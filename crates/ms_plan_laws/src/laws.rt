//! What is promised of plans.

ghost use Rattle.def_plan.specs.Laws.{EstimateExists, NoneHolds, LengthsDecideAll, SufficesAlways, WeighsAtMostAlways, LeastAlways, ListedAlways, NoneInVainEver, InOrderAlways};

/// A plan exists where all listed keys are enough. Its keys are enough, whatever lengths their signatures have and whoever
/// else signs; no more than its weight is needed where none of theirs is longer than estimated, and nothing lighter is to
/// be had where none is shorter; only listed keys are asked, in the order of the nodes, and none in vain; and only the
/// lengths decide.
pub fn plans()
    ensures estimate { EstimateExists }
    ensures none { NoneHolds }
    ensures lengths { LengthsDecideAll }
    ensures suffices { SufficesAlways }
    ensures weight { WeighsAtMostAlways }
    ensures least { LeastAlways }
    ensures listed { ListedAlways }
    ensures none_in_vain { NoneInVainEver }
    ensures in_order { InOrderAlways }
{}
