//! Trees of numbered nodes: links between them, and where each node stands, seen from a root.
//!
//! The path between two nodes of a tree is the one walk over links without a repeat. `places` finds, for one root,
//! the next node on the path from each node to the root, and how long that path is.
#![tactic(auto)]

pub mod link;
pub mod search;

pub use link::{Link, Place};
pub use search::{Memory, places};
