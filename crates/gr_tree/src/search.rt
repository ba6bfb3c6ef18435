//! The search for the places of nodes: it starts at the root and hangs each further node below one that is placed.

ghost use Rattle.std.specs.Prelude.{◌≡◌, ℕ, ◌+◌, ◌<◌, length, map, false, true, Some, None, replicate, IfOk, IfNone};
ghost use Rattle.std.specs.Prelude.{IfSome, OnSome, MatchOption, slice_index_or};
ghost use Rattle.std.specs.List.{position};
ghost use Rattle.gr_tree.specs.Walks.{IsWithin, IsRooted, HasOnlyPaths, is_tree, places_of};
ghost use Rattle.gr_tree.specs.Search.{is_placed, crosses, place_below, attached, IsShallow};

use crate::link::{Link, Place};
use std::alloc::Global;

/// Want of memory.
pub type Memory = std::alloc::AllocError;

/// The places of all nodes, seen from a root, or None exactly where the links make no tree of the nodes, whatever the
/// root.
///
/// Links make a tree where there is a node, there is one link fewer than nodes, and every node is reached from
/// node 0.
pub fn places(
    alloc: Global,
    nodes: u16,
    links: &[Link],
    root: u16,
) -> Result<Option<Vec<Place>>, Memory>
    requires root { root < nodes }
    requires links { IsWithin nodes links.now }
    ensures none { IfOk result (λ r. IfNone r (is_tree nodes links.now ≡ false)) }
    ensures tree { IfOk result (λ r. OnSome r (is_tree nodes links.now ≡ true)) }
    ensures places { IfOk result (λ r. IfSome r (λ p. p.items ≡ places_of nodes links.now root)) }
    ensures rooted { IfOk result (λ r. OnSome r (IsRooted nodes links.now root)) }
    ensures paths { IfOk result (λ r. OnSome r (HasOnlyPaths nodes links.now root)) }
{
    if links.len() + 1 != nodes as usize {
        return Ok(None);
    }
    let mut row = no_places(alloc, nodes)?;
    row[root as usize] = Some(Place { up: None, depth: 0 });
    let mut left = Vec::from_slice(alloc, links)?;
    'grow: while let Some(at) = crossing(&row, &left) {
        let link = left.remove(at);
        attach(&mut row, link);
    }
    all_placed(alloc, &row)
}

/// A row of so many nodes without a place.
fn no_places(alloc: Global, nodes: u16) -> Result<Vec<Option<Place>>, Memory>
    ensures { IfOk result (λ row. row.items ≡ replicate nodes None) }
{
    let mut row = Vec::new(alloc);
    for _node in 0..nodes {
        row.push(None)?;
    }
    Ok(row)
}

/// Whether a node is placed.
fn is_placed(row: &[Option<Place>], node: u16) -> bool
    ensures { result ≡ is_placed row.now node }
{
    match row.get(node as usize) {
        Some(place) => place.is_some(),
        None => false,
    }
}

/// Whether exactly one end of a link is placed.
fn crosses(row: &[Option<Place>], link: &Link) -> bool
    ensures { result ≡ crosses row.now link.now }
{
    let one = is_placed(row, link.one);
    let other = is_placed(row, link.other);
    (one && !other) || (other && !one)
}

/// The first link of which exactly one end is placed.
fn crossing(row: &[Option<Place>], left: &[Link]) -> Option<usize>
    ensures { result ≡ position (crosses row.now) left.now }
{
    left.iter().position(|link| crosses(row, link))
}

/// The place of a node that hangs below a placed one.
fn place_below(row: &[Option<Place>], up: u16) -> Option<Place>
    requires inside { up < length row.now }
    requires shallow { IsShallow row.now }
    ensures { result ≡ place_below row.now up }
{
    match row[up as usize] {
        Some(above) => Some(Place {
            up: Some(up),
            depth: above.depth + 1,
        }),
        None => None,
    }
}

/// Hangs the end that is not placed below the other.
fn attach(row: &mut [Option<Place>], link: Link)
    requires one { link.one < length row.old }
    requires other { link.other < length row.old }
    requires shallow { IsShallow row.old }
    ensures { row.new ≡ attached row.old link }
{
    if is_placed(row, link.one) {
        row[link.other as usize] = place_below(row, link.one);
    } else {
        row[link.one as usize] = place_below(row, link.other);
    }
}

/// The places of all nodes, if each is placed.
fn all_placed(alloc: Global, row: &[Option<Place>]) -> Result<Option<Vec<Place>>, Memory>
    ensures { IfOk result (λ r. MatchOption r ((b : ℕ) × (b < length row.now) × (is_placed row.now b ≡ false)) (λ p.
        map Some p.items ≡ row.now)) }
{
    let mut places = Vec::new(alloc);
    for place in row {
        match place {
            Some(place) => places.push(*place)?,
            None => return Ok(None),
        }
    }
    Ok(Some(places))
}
+ + + + + + +
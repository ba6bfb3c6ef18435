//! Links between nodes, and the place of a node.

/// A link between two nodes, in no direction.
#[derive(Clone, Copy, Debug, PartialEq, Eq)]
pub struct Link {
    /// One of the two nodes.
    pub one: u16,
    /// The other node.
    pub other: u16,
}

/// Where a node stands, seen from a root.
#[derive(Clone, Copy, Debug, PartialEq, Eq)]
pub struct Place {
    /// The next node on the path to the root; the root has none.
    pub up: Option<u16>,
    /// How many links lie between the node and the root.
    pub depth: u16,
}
+ + + + + + +
WHAT IS REQUIRED — Select every line in the material above where the string "that" occurs, and copy it.

OUTPUT OF THE EXERCISE —
//! the next node on the path from each node to the root, and how long that path is.
//! The search for the places of nodes: it starts at the root and hangs each further node below one that is placed.
/// The place of a node that hangs below a placed one.
/// Hangs the end that is not placed below the other.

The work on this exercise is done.